少年よ、その恋を抱け



「オレ、英語の先生になろうかな」
 秋月先生の作ったシチューとパンを食べ終えると、満足感に睡魔が襲う。二日目のシチューには、昨日は入っていなかったコーンが追加されていた。明日はグラタンになるのかもしれない。
「え?どうして?」
「英語が話せたら、先生と海外旅行に行った時役立つじゃん。色んな場所で、二人の思い出作っていこうぜ」
 最悪、教師になれなかったとしても英語が得意であれば、就職に有利なのではないだろうか。そんなことをオレは思って、でも口には出さずに笑った。
 先生の反応がない。
「どうしたの、秋月先生。鳩が豆鉄砲食らったような顔しちゃって…。今の慣用句、使い方合ってる?」
 心配になってオレが顔を覗き込んだら、秋月先生は複雑な表情で(本当に形容しがたい…)口をぱくぱくさせる。
「な、と…っ」
「なっとう?」
 問い返すと、何故か怒ったように震えた声音で話し始める秋月先生。
「な、何当然のことのようにお互いの人生計画を、た、立てて…!後藤くんは、」
「オレ先生が大好きだから。この気持ちは年取ったって、変わんねーし。これからもずっと、一緒にいてください」
 約束してほしくて、オレは恋人に小指を差しだす。
 ショックを受けた目でオレの手を凝視する秋月先生は、まるで積年の仇を見るように強張って、オレは別にそんな身構えなくてもいいのに。そう思って、また一人で色々思い悩んでいる隙だらけの秋月先生に、ちゅっと軽くキスをした。
「そんな、困った顔しないでよ。可愛いけど」
「だって。そんな、こと…言われたって…!」
 残念なことに、ちっとも嬉しそうじゃない。おかしいな、これからラブラブ展開が待っているはずだったのに。
 オレの渾身のプロポーズは、あと何回くらいで効力を発揮できるのかな。いつになったら、先生はオレに捕まる覚悟を決められるんだろう。
「アハハ。はい、って頷いてくれるだけでいいのに。そしたらオレ、何だって出来るんだぜ。先生とオレの為に」
「格好いいこと言うの禁止で。駄目。思考停止するから。…後藤くん、もう、そんな優しい目で見ないで。どうしたらいいか、わからなくなる…」
 秋月先生は声を詰まらせると、オレの小指を立てた右手を両手で包み込んだ。そのまま祈るように頭を近づけて、目を閉じる。

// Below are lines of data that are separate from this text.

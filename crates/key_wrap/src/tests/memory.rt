//! No call refuses for memory at any length or content.

use crate::*;
use block_pair::SwapHalves;
use std::alloc::{AllocError, Global};
use std::process::Abort;
use std::test::Fail;

/// An initial value that both ends may agree on.
pub const OTHER: [u8; 8] = *b"\x01\x23\x45\x67\x89\xAB\xCD\xEF";

// Lengths beyond 4,105 bytes: around the powers of two, some fixed odd ones, and the largest.
const FAR: [usize; 28] = [
    8_191, 8_192, 8_193, 16_383, 16_384, 16_385, 32_767, 32_768, 32_769, 65_535, 65_536, 65_537,
    131_071, 131_072, 131_073, 262_143, 262_144, 262_145, 524_287, 524_288, 524_289, 5_003, 70_001,
    100_003, 777_777, 1_000_001, 1_048_575, MAX_KEY,
];

// A byte of a key is the upper one of a number, which is multiplied by the first and increased by
// the second before each byte: zeros, ones, counting bytes and pseudo-random ones.
const CONTENTS: [(u64, u64); 4] = [
    (0, 0),
    (0, u64::MAX),
    (1, 1 << 56),
    (6_364_136_223_846_793_005, 1_442_695_040_888_963_407),
];

// The largest key of this content, of which the others are the front.
fn largest(alloc: Global, multiplier: u64, increment: u64) -> Result<Vec<u8>, AllocError> {
    let mut key = Vec::new(alloc);
    let mut x = 0u64;
    for _ in 0..MAX_KEY {
        x = x.wrapping_mul(multiplier).wrapping_add(increment);
        key.push((x >> 56) as u8)?;
    }
    Ok(key)
}

// What was wrapped: its kind is named, and rewraps in its form and with the form kept leave it.
fn is_kept(
    rt: &impl Abort,
    alloc: Global,
    text: &[u8],
    form: Form,
    want: Kind,
) -> Result<(), Fail> {
    let pair = SwapHalves;
    let is = kind(alloc, &pair, text)?;
    let again = rewrap(alloc, &pair, form, &pair, form, text)?;
    let kept = rewrap_keeping_form(alloc, &pair, &pair, text)?;
    assert!(rt;
        is == want && again.as_slice() == text && kept.as_slice() == text,
        "{want:?}"
    );
    Ok(())
}

// In the padded form: wraps the key, unwraps it, names its kind and rewraps it.
fn goes_padded(rt: &impl Abort, alloc: Global, key: &[u8]) -> Result<(), Fail> {
    let text = wrap_padded(alloc, &SwapHalves, key)?;
    let back = unwrap_padded(alloc, &SwapHalves, &text)?;
    assert!(rt; back.as_slice() == key, "{} bytes", key.len());
    is_kept(rt, alloc, &text, Form::Padded, Kind::Padded(key.len()))
}

// In the plain form too, and rewraps from form to form.
fn goes_plain(rt: &impl Abort, alloc: Global, key: &[u8]) -> Result<(), Fail> {
    let pair = SwapHalves;
    let text = wrap(alloc, &pair, key)?;
    let back = unwrap(alloc, &pair, &text)?;
    assert!(rt; back.as_slice() == key, "{} bytes", key.len());
    is_kept(rt, alloc, &text, Form::Plain, Kind::Plain(key.len()))?;
    let padded = rewrap(alloc, &pair, Form::Plain, &pair, Form::Padded, &text)?;
    let back = rewrap(alloc, &pair, Form::Padded, &pair, Form::Plain, &padded)?;
    assert!(rt; back == text, "{} bytes", key.len());
    Ok(())
}

// Every length to 520 bytes, every multiple of 8 with its neighbours to 4,105, and the lengths
// beyond. The last content has all of them, the others only the multiples of 8 above 520, and no
// length above 262,145.
#[test]
fn gives_up_for_memory_at_no_length_or_content(rt: HostRuntime) -> Result<(), Fail> {
    for (multiplier, increment) in CONTENTS {
        let is_last = multiplier > 1;
        let key = largest(rt.alloc(), multiplier, increment)?;
        for len in (1..=4_105).chain(FAR) {
            let key = key.get(..len).unwrap_or(&[]);
            if len > 262_145 && !is_last {
                continue;
            }
            if len <= 520 || len > 4_105 || len % 8 == 0 || is_last && (len + 1) % 8 <= 2 {
                goes_padded(&rt, rt.alloc(), key)?;
            }
            if key_length_ok(len) {
                goes_plain(&rt, rt.alloc(), key)?;
            }
        }
    }
    Ok(())
}

// Each legal length to 4,104 bytes, those around the powers of two, and some fixed ones.
#[test]
fn gives_up_for_memory_at_no_length_under_another_value(rt: HostRuntime) -> Result<(), Fail> {
    let alloc = rt.alloc();
    let iv = InitialValue::new(OTHER)?;
    let key = vec![in alloc; 0x5A; MAX_KEY]?;
    for len in (16..=4_104).step_by(8).chain(FAR) {
        let key = key.get(..len / 8 * 8).unwrap_or(&[]);
        let text = wrap_with(alloc, &SwapHalves, &iv, key)?;
        let again = unwrap_with(alloc, &SwapHalves, &iv, &text)?;
        assert!(rt; again.as_slice() == key, "{len} bytes");
    }
    Ok(())
}

// A text that is not a wrapping is refused for that reason only, with ample memory: zeros of each
// length to 528.
#[test]
fn gives_up_for_memory_at_no_length_of_what_is_none(rt: HostRuntime) -> Result<(), Fail> {
    let (alloc, refused) = (rt.alloc(), Some(UnwrapFault::Integrity));
    let zeros = vec![in alloc; 0; 528]?;
    for len in (24..=528).step_by(8) {
        let text = zeros.get(..len).unwrap_or(&[]);
        let pair = SwapHalves;
        assert!(rt; unwrap(alloc, &pair, text).err() == refused, "{len} bytes");
        assert!(rt;
            unwrap_padded(alloc, &pair, text).err() == refused,
            "{len} bytes"
        );
        assert!(rt;
            kind(alloc, &pair, text) == Ok(Kind::Neither),
            "{len} bytes"
        );
        let answer = rewrap(alloc, &pair, Form::Plain, &pair, Form::Plain, text);
        assert!(rt; answer.err() == refused, "{len} bytes");
    }
    Ok(())
}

「オレがどうして欲しいか、わかってるんだろ。考える必要なんてない」
「冷静に考えられない。後藤くんのプラスになることが、何なのか…。教師としてなら、その選択もありだと思うと言えるんだけど」
「先生の幸せと同じところに、オレの幸せはあるよ。というか、それにオレが含まれていないのはありえない」
「僕は…」
 今度は絡めるように口づけて、その葛藤を中断させる。困ったように目を閉じて、キスを受け入れる先生。ソファーに押し倒すと、細い身体が身じろぎする。駄目、と甘く囁かれてもお誘いにしか聞こえない。

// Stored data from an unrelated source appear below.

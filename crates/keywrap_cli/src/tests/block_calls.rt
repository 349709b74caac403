//! How many block calls a line costs, with a block permutation that counts them.

use super::cases::{check, form, rewrap, unwrap_in, wrap_in, wrapped};
use crate::files::Notation;
use crate::key_job::KeyJob;
use crate::what::What;
use block_pair::SwapHalves;
use key_lines::LineJob;
use key_wrap_core::Form::{self, Padded, Plain};
use std::alloc::Global;
use std::test::Fail;
use test_doubles::Tally;

// The operation, the form in which the input is wrapped, if it is, the number of zeros in the input
// or in its key, and the calls under the KEK and under the new KEK: six for each 8 bytes of key, and
// one for a padded key of up to 8 bytes. A wrapped key of 16 bytes is padded. What a KEK refuses in a
// rewrap is unwrapped and wrapped again under it, which restores the bytes; so is a wrapped key that
// is new already.
fn costs() -> [(What, Option<Form>, usize, [u64; 2]); 23] {
    [
        (wrap_in(form(Plain)), None, 8, [0, 0]),
        (wrap_in(form(Plain)), None, 24, [18, 0]),
        (wrap_in(form(Padded)), None, 8, [1, 0]),
        (wrap_in(form(Padded)), None, 17, [18, 0]),
        (unwrap_in(form(Plain)), None, 32, [18, 0]),
        (unwrap_in(form(Padded)), None, 16, [1, 0]),
        (unwrap_in(form(Padded)), None, 32, [18, 0]),
        (check(), None, 16, [1, 0]),
        (check(), None, 32, [18, 0]),
        (check(), None, 31, [0, 0]),
        (rewrap(None, false), Some(Plain), 24, [18; 2]),
        (rewrap(None, false), Some(Padded), 8, [1; 2]),
        (rewrap(None, true), Some(Padded), 17, [18; 2]),
        (to(Plain, Plain, false), Some(Plain), 16, [12; 2]),
        (to(Plain, Padded, true), Some(Plain), 24, [18; 2]),
        (to(Padded, Plain, false), Some(Padded), 24, [18; 2]),
        (to(Padded, Padded, false), Some(Padded), 8, [1; 2]),
        // a key whose length is not plain, and wrapped keys in the wrong form
        (to(Padded, Plain, false), Some(Padded), 8, [2, 0]),
        (to(Padded, Plain, true), Some(Padded), 17, [36, 0]),
        (to(Plain, Plain, false), Some(Padded), 24, [36, 0]),
        (to(Plain, Plain, true), Some(Padded), 24, [36, 36]),
        // not a wrapping in the old form, but in the new one
        (to(Padded, Plain, true), Some(Plain), 24, [36, 36]),
        (to(Plain, Padded, true), Some(Padded), 24, [36, 36]),
    ]
}

fn to(old: Form, new: Form, pass_new: bool) -> What {
    rewrap(Some((old, new)), pass_new)
}

#[test]
fn a_line_costs_six_calls_for_eight_bytes(rt: HostRuntime) -> Result<(), Fail> {
    for (what, own, len, calls) in costs() {
        let zeros = vec![in rt.alloc(); 0; len]?;
        let line = match own {
            Some(own) => wrapped(rt.alloc(), form(own), &SwapHalves, &zeros)?,
            None => zeros,
        };
        assert_eq!(rt;
            calls_of(rt.alloc(), what, line),
            calls,
            "{own:?}, {len} bytes"
        );
    }
    Ok(())
}

// Returns the calls under both KEKs for this line.
fn calls_of(alloc: Global, what: What, line: Vec<u8>) -> [u64; 2] {
    let job = KeyJob {
        alloc,
        what,
        notation: Notation::Hex,
        pair: Tally::new(),
        new_pair: Some(Tally::new()),
    };
    let (mut bytes, mut output) = (line, Vec::new(alloc));
    let _outcome = job.answer(&mut bytes, &mut output);
    let new_calls = job.new_pair.as_ref().map_or(0, Tally::calls);
    [job.pair.calls(), new_calls]
}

「いけないことが、あったっていいと思う。愛してる、秋月先生。何も考えないで…。オレのこと、素直に感じて」
 耳を舐め、ズボンも下着も脱がせた脚を拡げると、
「…ぅあ、っ」
 感度の良い喘ぎ声が漏れる。
「忘れられなくしてあげるから…。心も身体も。先生は早く、オレなしじゃ生きられなくなってよ。いつでもオレを思い出して…こうやって、どんな風にあなたの快感を引き出してるか、かわいい声を聞こうとオレが何をしてるのか。着がえる時、風呂に入る時、思い出して。オレの声を、指を、ねえ」
「喋らないで…ン…!アアッ」
 うっすらと滲んだ涙。
 思うようにいかない反応がもどかしく、でもそういう一つ一つをオレは紐解いて、大事にしたいって思う。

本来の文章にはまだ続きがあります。